//! What a body is seen as.
ghost use Rattle.std.specs.Prelude.{◌≡◌};
ghost use Rattle.stl_reader.specs.Contents.{contents_of};

use crate::items::BodyStatement;
use std::marker::Model;

/// A label: its name, in upper case and filled up with zeros, the number of the statement that it names, counted
/// from 0, which is the number of statements where it stands at the end, and its line and column.
#[derive(Clone, Copy, Debug, PartialEq, Eq)]
pub struct Label {
    pub name: [u8; 4],
    pub statement: u32,
    pub line: u32,
    pub column: u32,
}

/// A jump: its number as a statement, and the name of its label, in upper case and filled up with zeros.
#[derive(Clone, Copy, Debug, PartialEq, Eq)]
pub struct Jump {
    pub statement: u32,
    pub name: [u8; 4],
}

/// What was read so far.
#[derive(Drop)]
pub struct Lists {
    pub statements: Vec<BodyStatement>,
    pub labels: Vec<Label>,
    pub jumps: Vec<Jump>,
}

/// The body of a code block: its statements in order, each with its line and column, its labels and its jumps. The value of a
/// jump is 0 until its label is looked up.
#[derive(Drop)]
pub struct Body {
    lists: Lists,
}

impl Model for Body {
    ghost use Rattle.stl_reader.specs.Contents.{Contents, contents_of};

    ghost Value = { Contents };

    ghost view = { λ b. contents_of b.lists };
}

impl Body {
    pub(crate) fn new(lists: Lists) -> Self
        ensures { result ≡ contents_of lists }
    {
        Body { lists }
    }

    /// The statements in order. Takes no memory.
    pub fn statements(&self) -> &[BodyStatement]
        ensures { result.now ≡ self.now.statements }
    {
        self.lists.statements.as_slice()
    }

    /// The labels in order. Takes no memory.
    pub fn labels(&self) -> &[Label]
        ensures { result.now ≡ self.now.labels }
    {
        self.lists.labels.as_slice()
    }

    /// The jumps in order. Takes no memory.
    pub fn jumps(&self) -> &[Jump]
        ensures { result.now ≡ self.now.jumps }
    {
        self.lists.jumps.as_slice()
    }
}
○ ○ ○
For every line above that holds the string "What", add one to a count; give that count alone.

### Answer section:
2